> [Recorded data]:
//! Texts of traces, and what reading each answers.
use crate::{TraceRefusal, read_trace};
use abc_trace::{Trace, write_trace};
use std::alloc::{AllocError, Global};
use std::process::Abort;
use std::test::Fail;

const SOLO: &[u8] = b"abc-trace 1 solo 10 0
1 alice:0 (\"hi\") @ (role = \"b\") -> bob:0
env alice { role = \"a\"; }
env bob { role = \"b\"; got = \"hi\"; }
quiet 1
";

const NET: &[u8] = b"abc-trace 1 tree 2 2 9
1 Ann:65535 (1, none, {2, true}) @ (a = 5 and not ff) -> Bob:0, Cid:1
2 Bob -
env Ann {}
env Bob { a = 5; b = false; }
node 0 12
node 1 18446744073709551615
limit 2
";

/// What stands in place of a text's answer: how many names, lines, components and nodes, or the refusal.
const ANSWERS: [(&[u8], &str); 16] = [
    (b"", "Missing at 0"),
    (b"abc-trace 1 solo 10 0", "BadLine at 0"),
    (b"abc-trace 1 solo 0 0\n", "BadLine at 0"),
    (b"abc-trace 1 solo 1 0\n", "Missing at 21"),
    (b"abc-trace 1 solo 1 0\nquiet 0\n", "BadLine at 21"),
    (
        b"abc-trace 1 solo 1 0\nenv a {}\nquiet 0\n",
        "1 names, 0 lines, 1 components, 0 nodes",
    ),
    (
        b"abc-trace 1 solo 1 0\nenv a {}\nlimit 0\n",
        "BadLine at 30",
    ),
    (
        b"abc-trace 1 solo 1 0\nenv a {}\nenv a {}\nquiet 0\n",
        "BadLine at 30",
    ),
    (b"abc-trace 1 solo 1 0\n1 a -\n", "BadLine at 21"),
    (
        b"abc-trace 1 solo 1 0\n1 a:0 () @ (x = this.y) -> -\n",
        "BadLine at 21",
    ),
    (
        b"abc-trace 1 solo 1 0\n1 a:0 () @ (tt) -> -\n2 a:0 () @ (tt) -> -\n",
        "BadLine at 42",
    ),
    (
        b"abc-trace 1 solo 1 0\nenv a {}\nnode 0 0\n",
        "BadLine at 30",
    ),
    (
        b"abc-trace 1 ring 1 1 0\nenv a {}\nquiet 0\n",
        "BadLine at 32",
    ),
    (
        b"abc-trace 1 ring 1 1 0\nenv a {}\nnode 0 0\nquiet 0\nquiet 0\n",
        "BadLine at 49",
    ),
    (SOLO, "4 names, 1 lines, 2 components, 0 nodes"),
    (NET, "5 names, 2 lines, 2 components, 2 nodes"),
];

fn shown(alloc: Global, answer: &Result<Trace, TraceRefusal>) -> Result<String, AllocError> {
    match answer {
        Err(TraceRefusal::NoMemory) => format!(in alloc; "no memory"),
        Err(TraceRefusal::BadLine { place }) => format!(in alloc; "BadLine at {place}"),
        Err(TraceRefusal::Missing { place }) => format!(in alloc; "Missing at {place}"),
        Ok(trace) => {
            let names = trace.names.len();
            let lines = trace.lines.len();
            let components = trace.finals.len();
            let nodes = trace.handled.len();
            format!(in alloc;
                "{names} names, {lines} lines, {components} components, {nodes} nodes"
            )
        }
    }
}

/// A text is answered so, and a trace that is read is written as its text.
fn answers(rt: &impl Abort, alloc: Global, text: &[u8], wanted: &str) -> Result<(), Fail> {
    assert!(rt; text.len() < 100000);
    let answer = read_trace(alloc, text);
    let found = shown(alloc, &answer)?;
    assert!(rt; found.as_str() == wanted, "{found:?} for {wanted:?}");
    if let Ok(trace) = &answer {
        let Ok(written) = write_trace(alloc, trace) else {
            assert!(rt; false, "no memory");
            return Ok(());
        };
        assert!(rt;
            written.as_slice() == text,
            "what was read is written otherwise"
        );
    }
    Ok(())
}

#[test]
fn texts_are_answered(rt: HostRuntime) -> Result<(), Fail> {
    for (text, wanted) in &ANSWERS {
        answers(&rt, rt.alloc(), text, wanted)?;
    }
    Ok(())
}
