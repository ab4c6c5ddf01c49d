//! The checks of a program: what a program must be free of before it runs.
#![tactic(auto)]

mod calls;
mod causes;
mod checking;
mod counts;
mod cycles;
mod facts;
mod laws;
mod levels;
mod limits;
mod measures;
mod names;
mod order;
mod parts;
mod places;
mod search;
mod sites;
mod unknown;
mod variables;
mod walk;

pub use abc_cause::CheckCause;
pub use causes::{CheckRefusal, Site};
pub use checking::check;
pub use laws::{
    calls_have_bodies, checked_calls_end, limits_are_these, widths_are_small, worked_counts,
};
pub use limits::{BROADEST, MOST_COMPONENTS, WIDEST};

#[cfg(test)]
mod tests;
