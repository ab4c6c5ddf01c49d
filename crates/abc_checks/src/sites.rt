ghost use Rattle.std.specs.Prelude.{ℕ, ◌^◌, ◌<◌, ◌↔◌, length, IsTrue};
ghost use Rattle.abc_checks.specs.Sites.{AtSite, IsFirstSite, IsFirstNumber};

use crate::causes::Site;
use abc_term::Program;

/// A fact of definitions and of components by their numbers, that can be tested. The test takes no
/// memory: what it rests on is made before.
pub trait Fact {
    ghost of_definition: { Self → ℕ → Type 0 };

    ghost of_component: { Self → ℕ → Type 0 };

    fn definition_has(&self, at: usize) -> bool
        ensures { IsTrue result ↔ of_definition self.now at };

    fn component_has(&self, at: usize) -> bool
        ensures { IsTrue result ↔ of_component self.now at };
}

/// A fact of numbers.
trait Numbered {
    ghost holds: { Self → ℕ → Type 0 };

    fn holds_at(&self, at: usize) -> bool
        ensures { IsTrue result ↔ holds self.now at };
}

/// The fact of the definitions.
#[derive(Drop)]
struct OfDefinitions<'f, F> {
    fact: &'f F,
}

impl<F: Fact> Numbered for OfDefinitions<'_, F> {
    ghost holds = { λ n i. F.of_definition n.fact.now i };

    fn holds_at(&self, at: usize) -> bool {
        self.fact.definition_has(at)
    }
}

/// The fact of the components.
#[derive(Drop)]
struct OfComponents<'f, F> {
    fact: &'f F,
}

impl<F: Fact> Numbered for OfComponents<'_, F> {
    ghost holds = { λ n i. F.of_component n.fact.now i };

    fn holds_at(&self, at: usize) -> bool {
        self.fact.component_has(at)
    }
}

/// The first number below the count at which the fact holds.
fn first_number<N: Numbered>(fact: &N, count: usize) -> Option<usize>
    ensures { IsFirstNumber (N.holds fact.now) count result }
{
    for i in 0..count {
        if fact.holds_at(i) {
            return Some(i);
        }
    }
    None
}

/// The first site at which the fact holds.
pub fn first_site<F: Fact>(fact: &F, program: &Program) -> Option<Site>
    requires definitions { length program.now.definitions < 2 ^ 32 }
    requires components { length program.now.components < 2 ^ 32 }
    ensures { IsFirstSite (AtSite (length program.now.definitions) (length program.now.components) (F.of_definition fact.now) (F.of_component fact.now)) result }
{
    let definitions = OfDefinitions { fact: &*fact };
    if let Some(i) = first_number(&definitions, program.definitions.len()) {
        return Some(Site::Definition(i as u32));
    }
    let components = OfComponents { fact: &*fact };
    if let Some(i) = first_number(&components, program.components.len()) {
        return Some(Site::Component(i as u32));
    }
    None
}
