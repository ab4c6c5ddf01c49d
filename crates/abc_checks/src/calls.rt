ghost use Rattle.std.specs.Prelude.{◌≡◌, ◌++◌, map, IfOk, OnOk};
ghost use Rattle.abc_term.specs.Calls.{called};
ghost use Rattle.abc_term.specs.Standing.{process_of, definitions_of};
ghost use Rattle.abc_checks.specs.Parts.{place_of, holds_par};
ghost use Rattle.abc_checks.specs.Graphs.{counts_behind, graph_of};

use crate::places::Places;
use abc_term::Process;
use abc_value::{List, NoMemory};
use std::alloc::Global;

/// Which calls of a process count: all of them, or those with no action before the call.
#[derive(Clone, Copy, Drop)]
pub enum Calls {
    All,
    Unguarded,
}

/// Whether the process holds `|` anywhere.
pub fn holds_par(process: &Process) -> bool
    ensures { result ≡ holds_par (process_of process.now) }
{
    match process {
        Process::Nil | Process::Call(_) => false,
        Process::Output(_, _, after) | Process::Input(_, _, after) => holds_par(&after.then),
        Process::When(_, then) => holds_par(then),
        Process::Choice(left, right) => holds_par(left) || holds_par(right),
        Process::Par(_, _) => true,
    }
}

/// Appends the places of the names that the process calls.
#[tactic(auto, using(crate::proofs::NamesMet::map_append_on))]
fn append_calls(
    counted: Calls,
    places: &Places<'_>,
    process: &Process,
    arrows: &mut List<usize>,
) -> Result<(), NoMemory>
    ensures { OnOk result (arrows.new ≡ arrows.old ++ map (place_of (definitions_of places.now.program.now.definitions)) (called (counts_behind counted) (process_of process.now))) }
{
    match process {
        Process::Nil => Ok(()),
        Process::Output(_, _, after) | Process::Input(_, _, after) => match counted {
            Calls::All => append_calls(counted, places, &after.then, arrows),
            Calls::Unguarded => Ok(()),
        },
        Process::When(_, then) => append_calls(counted, places, then, arrows),
        Process::Choice(left, right) | Process::Par(left, right) => {
            append_calls(counted, places, left, arrows)?;
            append_calls(counted, places, right, arrows)?;
            Ok(())
        }
        Process::Call(name) => arrows.push(places.place(*name)),
    }
}

/// For each definition the places of the names that its body calls.
pub fn graph(
    alloc: Global,
    counted: Calls,
    places: &Places<'_>,
) -> Result<Vec<List<usize>>, NoMemory>
    ensures { IfOk result (λ g. g.items ≡ graph_of (called (counts_behind counted)) places.now.program.now.definitions) }
{
    let mut graph = Vec::new(alloc);
    for definition in places.program.definitions.as_slice() {
        let mut arrows = List::new(alloc);
        append_calls(counted, places, &definition.body, &mut arrows)?;
        graph.push(arrows)?;
    }
    Ok(graph)
}
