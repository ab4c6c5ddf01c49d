//! Lines and their places in a text.
ghost use Rattle.std.specs.Prelude.{◌≡◌, ◌+◌, ◌≤◌, ◌<◌, ◌^◌, ◌++◌, ◌∷◌, ℕ, length, MatchOption};
ghost use Rattle.abc_trace_order.specs.Texts.{IsOneLine};

/// The first line of the bytes, without its line feed, and what stands behind that; None where no byte
/// is a line feed.
pub fn first_line<'t>(bytes: &'t [u8]) -> Option<(&'t [u8], &'t [u8])>
    ensures { MatchOption result (IsOneLine bytes.now) (λ s.
        (bytes.now ≡ s.0.now ++ 10 ∷ s.1.now) × IsOneLine s.0.now) }
{
    for (index, byte) in bytes.iter().enumerate() {
        if *byte == b'\n' {
            return Some((&bytes[..index], &bytes[index + 1..]));
        }
    }
    None
}

/// The place at which the rest of a text begins.
pub fn place_of(bytes: &[u8], rest: &[u8]) -> u32
    requires back { length rest.now ≤ length bytes.now }
    requires short { length bytes.now < 2 ^ 32 }
    ensures { result + length rest.now ≡ length bytes.now }
{
    (bytes.len() - rest.len()) as u32
}
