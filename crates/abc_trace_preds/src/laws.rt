//! The laws, each the contract of a function that does nothing.
ghost use Rattle.abc_trace_preds.specs.Reading.{PredsAreOne, PredsStay};

/// The text of a predicate that is sent fixes its words, and it where names have the same numbers.
pub fn preds_are_one()
    ensures { PredsAreOne }
{}

/// More words change nothing of a predicate that has its words.
pub fn preds_stay()
    ensures { PredsStay }
{}
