use crate::walk::{Walk, arrows_of};
use abc_value::{List, NoMemory};
use std::alloc::Global;

/// As many nodes without arrows.
fn bare(alloc: Global, count: usize) -> Result<Vec<List<usize>>, NoMemory> {
    let mut graph = Vec::new(alloc);
    for _ in 0..count {
        graph.push(List::new(alloc))?;
    }
    Ok(graph)
}

/// Adds an arrow to the node from each of those to which it has one.
fn turn_arrows(
    graph: &[List<usize>],
    node: usize,
    turned: &mut [List<usize>],
) -> Result<(), NoMemory> {
    for next in arrows_of(graph, node) {
        if let Some(arrows) = turned.get_mut(*next) {
            arrows.push(node)?;
        }
    }
    Ok(())
}

/// The graph with each arrow turned round.
fn turned(alloc: Global, graph: &[List<usize>]) -> Result<Vec<List<usize>>, NoMemory> {
    let mut turned = bare(alloc, graph.len())?;
    for node in 0..graph.len() {
        turn_arrows(graph, node, &mut turned)?;
    }
    Ok(turned)
}

/// A level for each node of a graph, and the nodes in an order that goes up the levels.
///
/// Nodes that lead to each other have one level, and an arrow between two levels leads to the lower one. So
/// a node that leads to itself has an arrow within its level, and no other node has one.
/// The order has each level twice: first with the node from which the walk met the others last, and each
/// node behind those that it met by them; then with that node first, and each node behind one that it has an
/// arrow to. So what each node takes over from those that it leads to has then come to all of a level.
/// No contract says this of levels and order: whoever takes them proves what it needs.
#[derive(Drop)]
pub struct Order {
    pub levels: Vec<usize>,
    pub turns: Vec<usize>,
}

/// The nodes by their levels; those of one level as they stand.
fn by_level(alloc: Global, levels: &[usize], nodes: &[usize]) -> Result<Vec<usize>, NoMemory> {
    let mut keys = Vec::new(alloc);
    for (place, node) in nodes.iter().enumerate() {
        let level = levels.get(*node).copied().unwrap_or(0);
        keys.push((level, place, *node))?;
    }
    keys.sort_unstable();
    let turns = keys.iter().map(|key| key.2).collect(alloc)?;
    Ok(turns)
}

impl Order {
    /// By Kosaraju's two walks: against the arrows, and then along them from the nodes that were left last.
    pub fn of(alloc: Global, graph: &[List<usize>]) -> Result<Order, NoMemory> {
        let all: Vec<usize> = (0..graph.len()).collect(alloc)?;
        let against = turned(alloc, graph)?;
        let mut roots = Walk::of(alloc, &against, &all)?.left;
        roots.reverse();
        let walk = Walk::of(alloc, graph, &roots)?;
        let mut twice = walk.left;
        twice.extend_from_slice(&roots)?;
        let turns = by_level(alloc, &walk.levels, &twice)?;
        Ok(Order {
            levels: walk.levels,
            turns,
        })
    }
}
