//! The names of a predicate by new numbers.
ghost use Rattle.std.specs.Prelude.{◌≡◌, ◌<◌, ◌+◌, ◌^◌, map, length, IfOk};
ghost use Rattle.abc_pred.specs.Standing.{operand_of, pred_of};
ghost use Rattle.abc_text.specs.Meanings.{number_in};
ghost use Rattle.abc_trace.specs.Met.{with_words};
ghost use Rattle.abc_trace_preds.specs.Renaming.{numbered, renamed_operand, renamed};

use abc_lexer::Names;
use abc_pred::{Name, Operand, Pred};
use abc_value::{List, NoMemory};
use std::alloc::Global;

/// The new number of a name, which stands at its old one.
fn number_at(numbers: &[u32], name: Name) -> Name
    ensures { result ≡ numbered numbers.now name }
{
    match numbers.get(name.0 as usize) {
        Some(number) => Name(*number),
        None => name,
    }
}

fn renumber_operand(operand: &mut Operand, numbers: &[u32])
    ensures { operand_of operand.new ≡ renamed_operand (numbered numbers.now) (operand_of operand.old) }
{
    match operand {
        Operand::Literal(_) => {}
        Operand::Attr(name) => *name = number_at(numbers, *name),
        Operand::This(name) => *name = number_at(numbers, *name),
        Operand::Var(name) => *name = number_at(numbers, *name),
        Operand::Add(left, right) => {
            renumber_operand(left, numbers);
            renumber_operand(right, numbers);
        }
        Operand::Sub(from, taken) => {
            renumber_operand(from, numbers);
            renumber_operand(taken, numbers);
        }
        Operand::Mul(left, right) => {
            renumber_operand(left, numbers);
            renumber_operand(right, numbers);
        }
        Operand::Size(of) => renumber_operand(of, numbers),
        Operand::Free(of) => renumber_operand(of, numbers),
    }
}

/// Gives each name of the predicate the number that stands at its own.
pub(crate) fn renumber(pred: &mut Pred, numbers: &[u32])
    ensures { pred_of pred.new ≡ renamed (numbered numbers.now) (pred_of pred.old) }
{
    match pred {
        Pred::True => {}
        Pred::False => {}
        Pred::Same(left, right) => {
            renumber_operand(left, numbers);
            renumber_operand(right, numbers);
        }
        Pred::Less(left, right) => {
            renumber_operand(left, numbers);
            renumber_operand(right, numbers);
        }
        Pred::Member(left, right) => {
            renumber_operand(left, numbers);
            renumber_operand(right, numbers);
        }
        Pred::Not(of) => renumber(of, numbers),
        Pred::And(left, right) => {
            renumber(left, numbers);
            renumber(right, numbers);
        }
        Pred::Or(left, right) => {
            renumber(left, numbers);
            renumber(right, numbers);
        }
    }
}

/// The numbers of these words, in order; those that have none get the next.
pub(crate) fn numbers_of<'t>(
    alloc: Global,
    words: &[&'t [u8]],
    names: &mut Names<'t>,
) -> Result<List<u32>, NoMemory>
    requires few { length names.old + length words.now < 2 ^ 32 }
    ensures names { IfOk result (λ _. names.new ≡ with_words names.old (map (λ w. w.now) words.now)) }
    ensures numbers { IfOk result (λ ns. ns ≡ map (number_in names.new) (map (λ w. w.now) words.now)) }
{
    let mut numbers = List::new(alloc);
    for word in words {
        let number = names.number(*word)?;
        numbers.push(number)?;
    }
    Ok(numbers)
}
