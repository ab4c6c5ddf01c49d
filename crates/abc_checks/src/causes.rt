use abc_cause::CheckCause;

/// Where a cause applies: the definition or the component of a number, counted from 0, or the whole
/// program.
#[derive(Clone, Copy, Debug, PartialEq, Eq, Drop)]
pub enum Site {
    Definition(u32),
    Component(u32),
    Whole,
}

/// Why `check` gave no leave: the program is bad, or there was no memory.
#[derive(Clone, Copy, Debug, PartialEq, Eq, Drop)]
pub enum CheckRefusal {
    Bad(CheckCause, Site),
    NoMemory,
}
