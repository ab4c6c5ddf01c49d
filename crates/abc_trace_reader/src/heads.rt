//! What the first line asks of the others.
ghost use Rattle.std.specs.Prelude.{◌≡◌, ◌↔◌, IsTrue};
ghost use Rattle.abc_trace.specs.Texts as text;
ghost use Rattle.abc_trace.specs.WellFormed as formed;

use abc_trace::Head;

/// The greatest number of a line.
pub fn limit_of(head: Head) -> u64
    ensures { result ≡ text.limit_of head }
{
    match head {
        Head::Solo { limit, pick: _ } => u64::from(limit),
        Head::Net {
            shape: _,
            limit,
            nodes: _,
            pick: _,
        } => u64::from(limit),
    }
}

/// How many nodes there are.
pub fn nodes_of(head: Head) -> u64
    ensures { result ≡ formed.nodes_of head }
{
    match head {
        Head::Solo { limit: _, pick: _ } => 0,
        Head::Net {
            shape: _,
            limit: _,
            nodes,
            pick: _,
        } => u64::from(nodes),
    }
}

/// Whether a number may have nothing said under it.
pub fn is_net(head: Head) -> bool
    ensures { IsTrue result ↔ formed.IsNet head }
{
    match head {
        Head::Solo { limit: _, pick: _ } => false,
        Head::Net {
            shape: _,
            limit: _,
            nodes: _,
            pick: _,
        } => true,
    }
}
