ghost use Rattle.std.specs.Prelude.{◌≡◌};
ghost use Rattle.abc_term.specs.Standing.{process_of, definitions_of};
ghost use Rattle.abc_checks.specs.Facts.{calls_unknown};

use crate::places::Places;
use abc_term::Process;

/// Whether the process calls a name that no definition has.
pub fn calls_unknown(places: &Places<'_>, process: &Process) -> bool
    ensures { result ≡ calls_unknown (definitions_of places.now.program.now.definitions) (process_of process.now) }
{
    match process {
        Process::Nil => false,
        Process::Output(_, _, after) | Process::Input(_, _, after) => {
            calls_unknown(places, &after.then)
        }
        Process::When(_, then) => calls_unknown(places, then),
        Process::Choice(left, right) | Process::Par(left, right) => {
            calls_unknown(places, left) || calls_unknown(places, right)
        }
        Process::Call(name) => !places.defines(*name),
    }
}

> [Exercise prompt]:
Both end lines included, restate word for word the lines above from the line with "return Ok(());" to the line with "pub use abc_cause::CheckCause;", and nothing else.

> [Solution for this exercise]:
            return Ok(());
        };
        assert!(rt;
            written.as_slice() == text,
            "what was read is written otherwise"
        );
    }
    Ok(())
}

#[test]
fn texts_are_answered(rt: HostRuntime) -> Result<(), Fail> {
    for (text, wanted) in &ANSWERS {
        answers(&rt, rt.alloc(), text, wanted)?;
    }
    Ok(())
}
repository ab4c6c5ddf01c49d
//! The checks of a program: what a program must be free of before it runs.
#![tactic(auto)]

mod calls;
mod causes;
mod checking;
mod counts;
mod cycles;
mod facts;
mod laws;
mod levels;
mod limits;
mod measures;
mod names;
mod order;
mod parts;
mod places;
mod search;
mod sites;
mod unknown;
mod variables;
mod walk;

pub use abc_cause::CheckCause;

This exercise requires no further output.